When the 1995 Act was introduced, the decision made by the working party – this is tab 34, at page 554 – was to maintain defensive registrations, even though at this time section 120(2) and (3) are being introduced to directly implement TRIPS.  The view that was taken, as set out on page 554, was:

possession of a . . . defensive registration will materially facilitate the enforcement of rights in well‑known marks.

So the whole purpose of the defensive was that if you had a well‑known mark like Kodak for cameras or BOTOX for injectables, instead of having to go through a passing off action when your mark is used on a different good, if you can prove your reputation through the defensive registration process, you have the simplicity of the trade mark action.  So the result is that under the 1995 Act you have both defensive registrations, which are facilitating the enforcement of rights in well‑known marks, and you also have section 120(3) allowing you to do something similar but through a different route where you have to prove some additional factual matters. 

Now, all of that, we would submit, supported by the explanatory memorandum, which is tab 31, pages 543 to 544, which explained why the defensive marks were being maintained, would lead one to the conclusion that if there is any scope for reputation in section 120, the primary area where there would be scope for it is defensive marks.  And, if that were the approach taken, then the paragraphs of the Full Court judgment, which start with 43 – and we have otherwise listed them in our submissions – are defensible.

Your Honours, my final submission was just the European and UK law has obviously departed, given the different statutory test which is applied there.  So, there is some scope for reputation, but as Ms Beaumont pointed out, normally it is used to strengthen deceptive similarity.  We would emphasise, though, that even under that approach, as you can see

from tab 33 – which is the sixth edition of Tritton, particularly at page 551, paragraphs 3‑471 and 3‑472 – there is considerable concern expressed by the learned commentators that the UK/EU approach has in fact created mission creep and considerable uncertainty because it is encouraging the introduction into the trade mark infringement action of the passing off case.  And there is almost a plea there to return to the purity of the traditional English and the current Australian approach.

May it please the Court.

KIEFEL CJ:   Thank you, Mr Gleeson.  Yes, Ms Beaumont. 

MS BEAUMONT:   Yes, your Honour, just two very short points, the first arising from the decision that Mr Bannon took your Honours to in the Coldstream and Airstream decision I only received as I was standing up.  So, I just wish to point out that in the judgment of Justice Dixon, to which Mr Bannon took the Court, on page 1496, which refers to the actual use of the mark not mattering in the infringement context, in my submission, that should be read together with what is said the page before at 1495, the penultimate paragraph where the use is described as:

widely advertised on to the name “Coldstream” –

the mark:

but nearly all the advertisements in publications put in evidence made use of the connexion of the name with the Guards Regiment.

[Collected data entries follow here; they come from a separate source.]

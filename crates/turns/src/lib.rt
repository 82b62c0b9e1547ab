// Section 8.1.3: fixed and turn mode: the outputs that sources show on, and which output comes next (request Q-6). Bit i of each word and
// byte i of the routes belong to source i.
#![tactic(auto)]

ghost use Rattle.std.specs.Prelude.{◌≡◌, not, ◌&&◌, get_or};
ghost use Rattle.bits.specs.Bits.{bit, word};
ghost use Rattle.turns.specs.Turns.{next_turn, outputs_of, showing, shown_on, turns_of};

// What decides where sources show.
#[derive(Clone, Copy)]
pub struct Turns {
    pub routes: [u8; 64],

    // AUTO_CTRL0: a 1 is turn mode.
    pub auto: u64,

    // Each turn bit names output 0 or 1.
    pub turn: u64,
}

#[tactic(auto, using(crate::proofs::Sources::both_word))]
fn both(a: u64, b: u64) -> u64
    ensures { result ≡ word 64 (λ i. bit a i && bit b i) }
{
    a & b
}

#[tactic(auto, using(crate::proofs::Sources::without_word))]
fn without(a: u64, b: u64) -> u64
    ensures { result ≡ word 64 (λ i. bit a i && not (bit b i)) }
{
    a & !b
}

// The outputs that one source shows on, output k as bit k.
#[tactic(auto, using(crate::proofs::Route::one_route))]
fn shown(route: u8, auto: bool, turn: bool) -> u8
    ensures { result ≡ word 2 (shown_on route auto turn) }
{
    let to = route % 4;
    if to < 3 {
        return to;
    }
    if auto { 1 + turn as u8 } else { 3 }
}

// The turn bits after some sources moved on: `to0` has those with route bit 0, `to1` those with route bit 1. A turn leaves the output that it
// names where the source is routed to that output.
#[tactic(auto, using(crate::proofs::Sources::moved_word))]
fn moved_on(turn: u64, to0: u64, to1: u64) -> u64
    ensures { result ≡ word 64 (λ i. next_turn (bit to0 i) (bit to1 i) (bit turn i)) }
{
    (turn & !to1) | (!turn & to0)
}

impl Turns {
    // The sources in `which` that are routed to output k, but for those in `waits` that are routed to the other output too.
    fn shown_on(self, which: u64, k: u64, other: u64, waits: u64) -> u64
        ensures { result ≡ word 64 (λ i. bit which i && (bit (get_or self.routes i 0) k && not (bit waits i && bit (get_or self.routes i 0) other))) }
    {
        let sources = lanes::gather(self.routes, which, k);
        without(
            sources,
            lanes::gather(self.routes, both(sources, waits), other),
        )
    }

    // The sources in `which` that show on output 0. Those in turn mode wait there while their turn bit names output 1. Not one function of the output's
    // number: at output 0 those wait whose turn bit is 1, at output 1 those whose turn bit is 0.
    pub fn shown_on_0(self, which: u64) -> u64
        ensures { result ≡ showing self.routes self.auto self.turn which 0 }
    {
        self.shown_on(which, 0, 1, both(self.auto, self.turn))
    }

    // The sources in `which` that show on output 1.
    pub fn shown_on_1(self, which: u64) -> u64
        ensures { result ≡ showing self.routes self.auto self.turn which 1 }
    {
        self.shown_on(which, 1, 0, without(self.auto, self.turn))
    }

    // The outputs that some source in `which` shows on. Those in fixed mode are looked at first, those in turn mode after them, and none once
    // both outputs are found.
    pub fn outputs(self, which: u64) -> u8
        ensures { result ≡ outputs_of self.routes self.auto self.turn which }
    {
        let mut w = both(which, self.auto);
        let mut r = lanes::united(self.routes, without(which, self.auto));
        while w != 0 && r != 3 {
            let i = lanes::lowest(w) as u64;
            r |= shown(
                self.routes[i as usize],
                bits::test(self.auto, i),
                bits::test(self.turn, i),
            );
            w = lanes::clear_lowest(w);
        }
        r
    }

    // The turn bits after the requests went from before to after.
    pub fn turned(self, before: u64, after: u64) -> u64
        ensures { result ≡ turns_of self.routes self.auto self.turn before after }
    {
        let fallen = both(self.auto, without(before, after));
        moved_on(
            self.turn,
            lanes::gather(self.routes, fallen, 0),
            lanes::gather(self.routes, fallen, 1),
        )
    }
}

And pictures.  So, that, in my submission, should be taken into account, and that accords with the way that we have put our proposition, which is that only the mark as registered is relevant. 

The second, very brief point relates to the question of evidence, and whether the introduction of evidence of reputation is somehow going to destroy the scheme of the Act.  I point out it is probably obvious that under subsection (3) of section 20, of course, evidence of reputation is a necessary part of the subsection, and there is no suggestion from our friends that that somehow destroys the structural purpose of the Act.

May it please the Court.

KIEFEL CJ:   Yes, thank you.  The Court reserves its decision in this matter and adjourns to 9.00 am tomorrow for pronouncement of orders, and otherwise to 9.30 am.